Neste trabalho, considera-se que a visualidade do jornalismo, seja veiculado no impresso ou em ambiente digital, é um híbrido verbo-visual. Na atualidade, incorpora em sua narrativa imagens estáticas e em movimento, assim como o design gráfico, como elementos narrativos em diferentes gradações. Esta investigação só não se interessa pela visualidade praticada pelo telejornalismo, que é visual, embora a produção, circulação e consumo tenham particularidades muito distintas dos veículos de tradição escrita. Entretanto, vídeos fazem parte das grandes reportagens multimídia e devem ser incorporados nas análises.

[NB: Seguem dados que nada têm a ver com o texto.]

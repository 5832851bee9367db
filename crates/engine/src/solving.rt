// Equations between cells, solved one after the other, each put in throughout the state.
ghost use Rattle.std.specs.Prelude.{map, ◌≡◌, ◌<◌, ◌*◌};
ghost use Rattle.engine.specs.Cells.{swap};
ghost use Rattle.engine.specs.States.{Merged, Solvable, Solved};

use tables::layout::FIRST_VARIABLE;

// A cell, with v replaced by t.
#[tactic(auto, unfolding(crate::specs::Cells::swap))]
pub fn swapped(v: u16, t: u16, cell: u16) -> u16
    ensures { result ≡ swap v t cell }
{
    if cell == v { t } else { cell }
}

// Replaces v by t throughout.
pub fn replace_all(cells: &mut [u16], v: u16, t: u16)
    ensures { cells.new ≡ map (swap v t) cells.old }
{
    for cell in cells.iter_mut() {
        *cell = swapped(v, t, *cell);
    }
}

// Replaces the variable v by the smaller cell t in the equations and in the state; a constant is never equal to another.
pub fn put_in(v: u16, t: u16, equations: &mut [u16], bound: &mut [u16], cells: &mut [u16]) -> bool
    requires { t < v }
    ensures { Merged result v t equations.old bound.old cells.old
        equations.new bound.new cells.new }
{
    if v < FIRST_VARIABLE {
        return false;
    }
    replace_all(equations, v, t);
    replace_all(bound, v, t);
    replace_all(cells, v, t);
    true
}

// One equation: of two cells the larger, if it is a variable, becomes the smaller.
pub fn unify(a: u16, b: u16, equations: &mut [u16], bound: &mut [u16], cells: &mut [u16]) -> bool
    ensures { Merged result a b equations.old bound.old cells.old
        equations.new bound.new cells.new }
{
    if a == b {
        return true;
    }
    if a < b {
        return put_in(b, a, equations, bound, cells);
    }
    put_in(a, b, equations, bound, cells)
}

// All equations, from the first; false where two different constants are equated.
pub fn solve(equations: &mut [u16], n: usize, bound: &mut [u16], cells: &mut [u16]) -> bool
    requires { Solvable equations.old n cells.old }
    ensures { Solved result equations.old bound.old cells.old
        bound.new cells.new }
{
    for i in 0..n {
        let at = 2 * i;
        let a = equations[at];
        let b = equations[at + 1];
        if !unify(a, b, equations, bound, cells) {
            return false;
        }
    }
    true
}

Acredita-se na ideia de Guimarães (2013) de que gráficos, infográficos e imagens explicativas produzidas pelo telejornalismo deveriam ser objeto de investigação do jornalismo visual. No jargão da área, essas peças são conhecidas como “arte” e apresentam função estética (composição do cenário), além de explicativa ou didática (gráficos, animações, caracteres). É comum um apresentador de telejornal dizer que prepararam uma “arte”.

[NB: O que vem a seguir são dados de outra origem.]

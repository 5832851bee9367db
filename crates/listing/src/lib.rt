// The bytes of the listings, written into the lent output; where they might not fit, counted first by the same functions.
// Each function equals the definition that its contract names, through the decodings of `tables`.
#![tactic(auto)]

pub mod ends;
pub mod putting;
pub mod writing;

ghost use Rattle.std.specs.Prelude.{is_some, unwrap_or, ℕ, true, List, ◌≡◌, ◌≤◌, length};
ghost use Rattle.listing.specs.Writing.{Puts, ListedAs};
ghost use Rattle.listing.specs.Ends.{named, numbered_end, end_bytes, Listable, Writable, Ample};

use ends::{number_end, put_end};
use tables::names::name;

// The end of a run: a number above every variable in use, or None where its state has failed, and how often a rule fired.
#[derive(Clone, Copy)]
pub struct End {
    pub next: Option<usize>,
    pub firings: usize,
}

// What things are shown by: the two texts, where each name stands in them, and the letters of the goal's variables.
#[derive(Clone, Copy)]
pub struct Names<'a> {
    pub program: &'a [u8],
    pub goal: &'a [u8],
    pub places: &'a [u16],
    pub letters: &'a [u8],
}

impl<'a> Names<'a> {
    // The name of a number, as a part of the text where it stands.
    pub fn name(self, n: usize) -> &'a [u8]
        ensures { result.now ≡ named self.entry n }
    {
        name(self.program, self.goal, self.places, n)
    }
}

// Room for every listing of a run and of a check, and the goal variables and cells up to which every listing of an end fits it.
pub const AMPLE: usize = 32768;

pub const MAX_BOUND: usize = 28;

pub const MAX_CELLS: usize = 2590;

// Whether every listing of so many goal variables and cells fits an output of this length.
fn is_ample(room: usize, variables: usize, cells: usize) -> bool
    ensures { result ≡ true → Ample room variables cells }
{
    if room < AMPLE {
        return false;
    }
    if MAX_BOUND < variables {
        return false;
    }
    cells <= MAX_CELLS
}

// A listing by what writes it: written at once where it is known to fit, and elsewhere counted first, in no output.
pub fn list_by<F: Fn(&mut [u8]) -> usize>(out: &mut [u8], fits: bool, put: F) -> Option<usize>
    requires { F.IsAlwaysCallable put }
    ensures { (bytes : List ℕ) → Puts F.Fn put bytes → («fits» ≡ true → length bytes ≤ length out.old)
        → ListedAs bytes out.old out.new result }
{
    if fits {
        let all = put(out);
        return Some(all);
    }
    let size = put(&mut []);
    if out.len() < size {
        return None;
    }
    put(out);
    Some(size)
}

// The listing of an end whose variables are numbered.
fn list_numbered<'a>(
    out: &mut [u8],
    names: Names<'a>,
    bound: &[u16],
    cells: &[u16],
    end: End,
) -> Option<usize>
    requires { Writable (named names) names.letters.now bound.now cells.now end }
    ensures { ListedAs (numbered_end (named names.entry) names.entry.letters.now bound.now cells.now end)
        out.old out.new result }
{
    let fits = is_ample(out.len(), bound.len(), cells.len());
    list_by(out, fits, |rest| put_end(rest, names, bound, cells, end))
}

// The listing of a final state; its variables are numbered in place.
pub fn list_end<'a>(
    out: &mut [u8],
    names: Names<'a>,
    bound: &[u16],
    cells: &mut [u16],
    end: End,
) -> Option<usize>
    requires { Listable (is_some end.next) (unwrap_or end.next 0) bound.now cells.old }
    ensures { ListedAs (end_bytes names.entry.program.now names.entry.goal.now names.entry.places.now names.entry.letters.now
        bound.now cells.old end) out.old out.new result }
{
    number_end(bound, cells, end);
    list_numbered(out, names, bound, cells, end)
}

Entre os termos expostos, os mais abrangentes para esta investigação são jornalismo visual e jornalismo gráfico. Já o design jornalístico seria um dos elementos fundamentais, assim como o fotojornalismo e outras iconografias. Neste trabalho prefere-se o termo jornalismo visual, porque a pesquisa observa as transformações nas narrativas visuais da imprensa de grande reportagem, ou seja, como utiliza-se a visualidade para contar histórias. Também busca- se uma aproximação com a área originalmente conhecida como programação ou planejamento visual. Admite-se, como conceito norteador, que o jornalismo visual é uma área de especialização destinada à produção de informações representadas por expressões visuais, tais como iconografias (fotografias, ilustrações, infográficos, videografias, quadrinhos, vídeos, animações) e pelo design (leiaute, tipografia, formato, diagramação, cor, materiais de impressão e os demais elementos do projeto gráfico). É a partir desses elementos, em interação com a cultura visual vigente, que se procura entender as características e transformações do jornalismo visual da grande reportagem brasileira.